"To cement a new friendship, especially between foreigners or persons of a different social world, a spark with which both were secretly charged must fly from person to person, and cut across the accidents of place and time." -- Cornelia Otis Skinner
Cornelia Otis Skinner (May 30, 1899 — July 9, 1979) was an American author and actress.
"It is disturbing to discover in oneself these curious revelations of the validity of the Darwinian theory. If it is true that we have sprung from the ape, there are occasions when my own spring appears not to have been very far.""One learns in life to keep silent and draw one's own confusions.""Women have a special corner of their hearts for sins they have never committed.""Women's virtue is man's greatest invention."
Skinner was the daughter of the actor Otis Skinner and his wife Maud (Durbin) Skinner. After attending the all-girls' Baldwin School and Bryn Mawr College (1918—1919) and studying theatre at the Sorbonne in Paris, she began her career on the stage in 1921. She appeared in several plays before embarking on a tour of the United States from 1926 to 1929 in a one-woman performance of short character sketches she herself wrote. She wrote numerous short humorous pieces for publications like The New Yorker. These pieces were eventually compiled into a series of books, including Nuts in May, Dithers and Jitters, Excuse It Please!, and The Ape In Me, among others.

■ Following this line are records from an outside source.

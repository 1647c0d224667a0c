//! Stretches of bytes of one class, found 16 bytes at a time.

ghost use Rattle.std.specs.Prelude.{◌≡◌, ℕ, ◌+◌, ◌≤◌, Bool, not, map, drop, length};
ghost use Rattle.std.specs.List.{prefix_len};
ghost use Rattle.std.specs.Simd.Lanes.{mask_l};
ghost use Rattle.json_text.specs.Characters.{is_plain, is_bare, is_digit, is_inert, is_quiet, is_space};

use crate::space::is_space;
use std::simd::prelude::*;

/// A class of bytes.
trait Class {
    ghost holds: { ℕ → Bool };

    fn has(byte: u8) -> bool
        ensures { result ≡ holds byte };

    /// A bit for each byte that isn't of the class.
    fn others(bytes: u8x16) -> u64
        ensures { result ≡ mask_l (map (λ b. not (holds b)) bytes) };
}

/// What stands in a string as it is.
struct Plain;

impl Class for Plain {
    ghost holds = { is_plain };

    /// Most are letters.
    #[inline(always)]
    fn has(byte: u8) -> bool {
        matches!(byte, b']'..) || !matches!(byte, b'"' | b'\\')
    }

    #[inline(always)]
    fn others(bytes: u8x16) -> u64 {
        (bytes.simd_eq(u8x16::splat(b'"')) | bytes.simd_eq(u8x16::splat(b'\\'))).to_bitmask()
    }
}

/// The ASCII characters among them.
struct Bare;

impl Class for Bare {
    ghost holds = { is_bare };

    #[inline(always)]
    fn has(byte: u8) -> bool {
        matches!(byte, b']'..=0x7f) || matches!(byte, b' ' | b'!' | b'#'..=b'[')
    }

    #[inline(always)]
    fn others(bytes: u8x16) -> u64 {
        (bytes.simd_eq(u8x16::splat(b'"'))
            | bytes.simd_eq(u8x16::splat(b'\\'))
            | bytes.simd_lt(u8x16::splat(b' '))
            | bytes.simd_ge(u8x16::splat(0x80))).to_bitmask()
    }
}

/// The digits of base 10.
struct Digit;

impl Class for Digit {
    ghost holds = { is_digit };

    #[inline(always)]
    fn has(byte: u8) -> bool {
        byte.is_ascii_digit()
    }

    #[inline(always)]
    fn others(bytes: u8x16) -> u64 {
        (bytes.simd_lt(u8x16::splat(b'0')) | bytes.simd_ge(u8x16::splat(58))).to_bitmask()
    }
}

/// White space.
struct Space;

impl Class for Space {
    ghost holds = { is_space };

    #[inline(always)]
    fn has(byte: u8) -> bool {
        is_space(byte)
    }

    #[inline(always)]
    fn others(bytes: u8x16) -> u64 {
        (bytes.simd_ne(u8x16::splat(b' '))
            & bytes.simd_ne(u8x16::splat(b'\n'))
            & bytes.simd_ne(u8x16::splat(b'\r'))
            & bytes.simd_ne(u8x16::splat(b'\t'))).to_bitmask()
    }
}

/// No quotation mark, no bracket and no comma.
struct Inert;

impl Class for Inert {
    ghost holds = { is_inert };

    #[inline(always)]
    fn has(byte: u8) -> bool {
        !matches!(byte, b'"' | b',' | b'[' | b']' | b'{' | b'}')
    }

    #[inline(always)]
    fn others(bytes: u8x16) -> u64 {
        (bytes.simd_eq(u8x16::splat(b'"'))
            | bytes.simd_eq(u8x16::splat(b','))
            | bytes.simd_eq(u8x16::splat(b'['))
            | bytes.simd_eq(u8x16::splat(b']'))
            | bytes.simd_eq(u8x16::splat(b'{'))
            | bytes.simd_eq(u8x16::splat(b'}'))).to_bitmask()
    }
}

/// No quotation mark and no bracket.
struct Quiet;

impl Class for Quiet {
    ghost holds = { is_quiet };

    #[inline(always)]
    fn has(byte: u8) -> bool {
        !matches!(byte, b'"' | b'[' | b']' | b'{' | b'}')
    }

    #[inline(always)]
    fn others(bytes: u8x16) -> u64 {
        (bytes.simd_eq(u8x16::splat(b'"'))
            | bytes.simd_eq(u8x16::splat(b'['))
            | bytes.simd_eq(u8x16::splat(b']'))
            | bytes.simd_eq(u8x16::splat(b'{'))
            | bytes.simd_eq(u8x16::splat(b'}'))).to_bitmask()
    }
}

/// Where the first `"` or `\` stands from an offset on.
#[inline(always)]
pub fn run_end(bytes: &[u8], at: usize) -> usize
    requires { at ≤ length bytes.now }
    ensures value { result ≡ at + prefix_len is_plain (drop at bytes.now) }
    ensures within { (at ≤ result) × (result ≤ length bytes.now) }
{
    end_of::<Plain>(bytes, at)
}

/// Where the first byte stands from an offset on that isn't an ASCII character which stands in a
/// string as it is.
#[inline(always)]
pub fn bare_end(bytes: &[u8], at: usize) -> usize
    requires { at ≤ length bytes.now }
    ensures value { result ≡ at + prefix_len is_bare (drop at bytes.now) }
    ensures within { (at ≤ result) × (result ≤ length bytes.now) }
{
    end_of::<Bare>(bytes, at)
}

/// Where the first byte stands from an offset on that isn't a digit.
#[inline(always)]
pub fn digits_end(bytes: &[u8], at: usize) -> usize
    requires { at ≤ length bytes.now }
    ensures value { result ≡ at + prefix_len is_digit (drop at bytes.now) }
    ensures within { (at ≤ result) × (result ≤ length bytes.now) }
{
    end_of::<Digit>(bytes, at)
}

/// Where the first byte stands from an offset on that isn't white space, or the length.
#[inline(always)]
pub fn skip_space(bytes: &[u8], at: usize) -> usize
    requires { at ≤ length bytes.now }
    ensures { result ≡ at + prefix_len is_space (drop at bytes.now) }
{
    end_of::<Space>(bytes, at)
}

/// Where the first quotation mark, bracket or comma stands from an offset on.
#[inline(always)]
pub fn inert_end(bytes: &[u8], at: usize) -> usize
    requires { at ≤ length bytes.now }
    ensures value { result ≡ at + prefix_len is_inert (drop at bytes.now) }
    ensures within { (at ≤ result) × (result ≤ length bytes.now) }
{
    end_of::<Inert>(bytes, at)
}

/// Where the first quotation mark or bracket stands from an offset on.
#[inline(always)]
pub fn quiet_end(bytes: &[u8], at: usize) -> usize
    requires { at ≤ length bytes.now }
    ensures value { result ≡ at + prefix_len is_quiet (drop at bytes.now) }
    ensures within { (at ≤ result) × (result ≤ length bytes.now) }
{
    end_of::<Quiet>(bytes, at)
}

#[inline(always)]
#[tactic(auto, using(crate::proofs::Masks::run_steps))]
fn end_of<C: Class>(bytes: &[u8], at: usize) -> usize
    requires { at ≤ length bytes.now }
    ensures value { result ≡ at + prefix_len C.holds (drop at bytes.now) }
    ensures within { (at ≤ result) × (result ≤ length bytes.now) }
{
    let mut i = at;
    while bytes.len() - i >= 16 {
        let others = C::others(u8x16::from_slice(&bytes[i..]));
        if others != 0 {
            return i + others.trailing_zeros() as usize;
        }
        i += 16;
    }
    last_end::<C>(bytes, i)
}

/// The same, one byte at a time.
#[inline(never)]
fn last_end<C: Class>(bytes: &[u8], at: usize) -> usize
    requires { at ≤ length bytes.now }
    ensures { result ≡ at + prefix_len C.holds (drop at bytes.now) }
{
    for i in at..bytes.len() {
        if !C::has(bytes[i]) {
            return i;
        }
    }
    bytes.len()
}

With Emily Kimbrough, she wrote Our Hearts Were Young and Gay, a hilarious description of their European tour after college. Kimbrough and Skinner went to Hollywood to act as consultants on the film version of the book, which resulted in We Followed Our Hearts to Hollywood. Skinner was portrayed by Bethel Leslie in the short-lived 1950 television series The Girls based upon Our Hearts Were Young and Gay.
In 1952, her one-woman show Paris '90 (music and lyrics by Kay Swift) premiered on Broadway. An original cast recording was produced by Goddard Lieberson for Columbia Records, now available on compact disk. In later years Skinner wrote Madame Sarah (a biography of Sarah Bernhardt) and Elegant Wits and Grand Horizontals about the Belle Epoque. She also appeared with Orson Welles on The Campbell Playhouse radio play of The Things We Have on May 26, 1939.